The altar in honor of the Blessed Virgin Mary, to the left of the main altar, is the altar of reposition for the Blessed Sacrament. Both this altar and the one in honor of St. Joseph, to the right of the main altar, are also of white Carrara marble. The altar in honor of St. Joseph also contains the baptismal font. Both of these altars along with the baptismal font were designed by the Barsanti Studios of New York City.

The railings of brass and mahogany which now separate the three altars as well as surround the two statues in the back of the church were the original altar rail which separated the sanctuary from the congregation before the renovation of 1978.

The Statues

Altogether there are nine statues in the church. There are four statues surrounding the transept at the height of the galleries. These are the statues of the four evangelists: Matthew, Mark, Luke, and John.

There are two statues in the sanctuary, the one of the Blessed Virgin Mary over the altar of reposition, and the one of St. Joseph.

In the rear of the church, there are three statues. The one on the north side is St. Anthony of Padua, while the one on the south side is the Sacred Heart. A statue of St. Theresa of Avila stands next to the statue of St. Anthony.

All of these statues are the work of the Barsanti Studio of New York City.

The Murals

There are three murals in the church: one over each of the side altars and one over the middle of the transept. The one over the St. Joseph altar depicts the death of St. Joseph. The one over the Blessed Virgin Mary altar is the betrothal of Mary to Joseph. The mural in the ceiling at the center of the transept is a representation of the Ascension of Jesus. All of these murals were done by Kinkel Studios of New York City.

The Stained Glass Window

There are twenty major stained glass windows in the main body of the church. All of these windows were designed and made in Innsbruck, Austria by Tiroler Glasmalerei and installed by James Dougherty of New York City.

Above the sanctuary there are three stained glass windows; the center panel is the Crucifixion, the one to the right is the Coronation of the Blessed Virgin Mary, and the one to the left is the Assumption of the Blessed Mother.

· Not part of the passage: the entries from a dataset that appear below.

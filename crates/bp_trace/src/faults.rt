//! `InputFault`, what is wrong with a trace or a list of references, and `TraceFault`, which adds the row.
ghost use Rattle.std.specs.Prelude.{◌≡◌};
ghost use Rattle.bp_trace.specs.Faults.{fault_number};
ghost use Rattle.bp_trace.specs.Script.{fault};

use bp_page::explanation_of;
use std::alloc::AllocError;
use std::error::Error;
use std::fmt;

/// What is wrong with a trace or a list of references: with one record or line, or with the whole. It is printed as its
/// number is explained, except that `TooManyPages` says what alone it stands for.
#[derive(Clone, Copy, PartialEq, Eq, Debug)]
pub enum InputFault {
    /// The references are of more than 1,048,576 different pages.
    TooManyPages,
    /// Memory was refused.
    OutOfMemory,
    /// The record does not have six fields, or a field that its operation does not use is not empty. In a list of
    /// references: the record lacks the field.
    BadShape,
    /// The client is not a number from 0 to 63, or in a `log` row not 0.
    BadClient,
    /// No operation has this word.
    BadOp,
    /// A page, offset, LSN, number of ticks or reference is not a decimal number within its limits.
    BadNumber,
    /// The number of hex digits is odd, or one of them is not 0 to 9, a to f or A to F.
    BadHex,
    /// The file has no such page, or the last byte would be past the end of the page.
    OutOfPage,
    /// The trace has more than 262,144 rows or 67,108,864 bytes, or the list more than 268,435,456 references.
    TooLong,
    /// A read of the trace or of the list failed.
    ReadFault,
}

impl fmt::Display for InputFault {
    fn fmt<W: fmt::Write>(&self, f: &mut fmt::Formatter<W>) -> fmt::Result {
        match self {
            InputFault::TooManyPages => {
                f.write_str("the references are of too many different pages")
            }
            other => f.write_str(explanation_of(u64::from(other.number())).unwrap()),
        }
    }
}

impl Error for InputFault {}

impl From<AllocError> for InputFault {
    ghost use Rattle.bp_trace.specs.declared.faults.InputFault.TheVariants.{OutOfMemory};

    ghost from_gives = { λ _ fault. fault ≡ OutOfMemory };

    fn from(_error: AllocError) -> InputFault {
        InputFault::OutOfMemory
    }
}

impl InputFault {
    /// Returns the number that reports and messages print. A fault that `Refusal` has too has the same number there.
    pub fn number(self) -> u16
        ensures { result ≡ fault_number self }
    {
        match self {
            InputFault::TooManyPages => 1,
            InputFault::OutOfMemory => 22,
            InputFault::BadShape => 40,
            InputFault::BadClient => 41,
            InputFault::BadOp => 42,
            InputFault::BadNumber => 43,
            InputFault::BadHex => 44,
            InputFault::OutOfPage => 45,
            InputFault::TooLong => 46,
            InputFault::ReadFault => 47,
        }
    }
}

/// Why a trace has no script: the number of the fault, and the record with the fault.
#[derive(Clone, Copy, PartialEq, Eq, Debug, thiserror::Error)]
#[error("trace row {row} refused {number}")]
pub struct TraceFault {
    /// The number of the record, from 1, or 0 for the trace as a whole.
    pub row: u64,
    /// The number of the fault: 22, or 40 to 47.
    pub number: u16,
}

impl TraceFault {
    pub fn new(row: u64, why: InputFault) -> TraceFault
        ensures { result ≡ fault row why }
    {
        TraceFault {
            row,
            number: why.number(),
        }
    }
}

There are three rose windows: one at either end of the transept and one above the choir loft. The one on the south side of the transept is of the gift of the rosary to St. Dominic by the Blessed Virgin Mary; the one on the north is of the Sacred Heart. The rose window over the choir loft is in the form of a Celtic Cross and has pictures of David, Miriam, St. Cecilia, and Pope St. Gregory the Great, all patrons of music.

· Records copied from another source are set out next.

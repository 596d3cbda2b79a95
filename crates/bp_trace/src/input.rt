//! `read_all`, which reads the bytes of a trace into memory.
ghost use Rattle.std.specs.Prelude.{IfSome, OnOk};
ghost use Rattle.std.specs.Io.KnownBytes.{IsAtEnd};
ghost use Rattle.bp_trace.specs.Input.{IsInput};

use crate::faults::{InputFault, TraceFault};
use std::alloc::Global;
use std::io::{ErrorKind, Read};

const MAX_BYTES: usize = 67_108_864;

const MAX_READS: u32 = 134_217_728;

const CHUNK: usize = 8192;

/// Reads all bytes of a reader into memory, with at most 134,217,728 read calls. A call that was interrupted is made
/// again.
///
/// It returns `TooLong` for more than 67,108,864 bytes, `ReadFault` where the reader fails or needs more calls, and
/// `OutOfMemory` where memory is refused, each with row 0.
pub fn read_all<R: Read>(alloc: Global, reader: &mut R) -> Result<Vec<u8>, TraceFault>
    ensures bytes { IfSome (R.remaining reader.old) (IsInput result) }
    ensures end { OnOk result (IsAtEnd (R.remaining reader.new)) }
{
    let mut input = Vec::new(alloc);
    let mut chunk = [0u8; CHUNK];
    'reads: for _ in 0..MAX_READS {
        let count = match reader.read(&mut chunk) {
            Ok(count) => count,
            Err(e) if e.kind() == ErrorKind::Interrupted => continue,
            Err(_) => return Err(TraceFault::new(0, InputFault::ReadFault)),
        };
        if count == 0 {
            return Ok(input);
        }
        if MAX_BYTES - input.len() < count {
            return Err(TraceFault::new(0, InputFault::TooLong));
        }
        let (read, _) = chunk.split_at(count);
        if input.extend_from_slice(read).is_err() {
            return Err(TraceFault::new(0, InputFault::OutOfMemory));
        }
    }
    Err(TraceFault::new(0, InputFault::ReadFault))
}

There are fourteen windows in the main body of the church, seven on each side, each 13 feet high. These windows depict different events in the life of Christ. Beginning at the altar of reposition on the south side and going around the church, the windows are as follows:

  • The Annunciation
  • The Visitation of Mary to Elizabeth
  • The Birth of Jesus
  • The Presentation of Jesus
  • The Finding of Jesus in the Temple
  • Jesus’ Early Life in Nazareth
  • Jesus at the Wedding at Cana/li>
  • The Sermon on the Mount
  • Little Children Coming to Jesus
  • Jesus Walking on Water
  • Jesus’ Healing of a Paralytic
  • Jesus’ Agony at Gethsemane
  • Jesus’ Resurrection
  • Jesus’ Giving Keys to Peter

Interrelationship of Building and Surroundings

The church is surrounded by a residential neighborhood of late nineteenth and early twentieth century homes.

Additional Information

Date(s):  Built 1907
Style(s):  Gothic Revival
Historic Use:  Church
Present Use:  Church
Architect:  Patrick Charles Keely
Builder:  J. M. Wheeler

Exterior visible from public road.
Interior accessible (during services).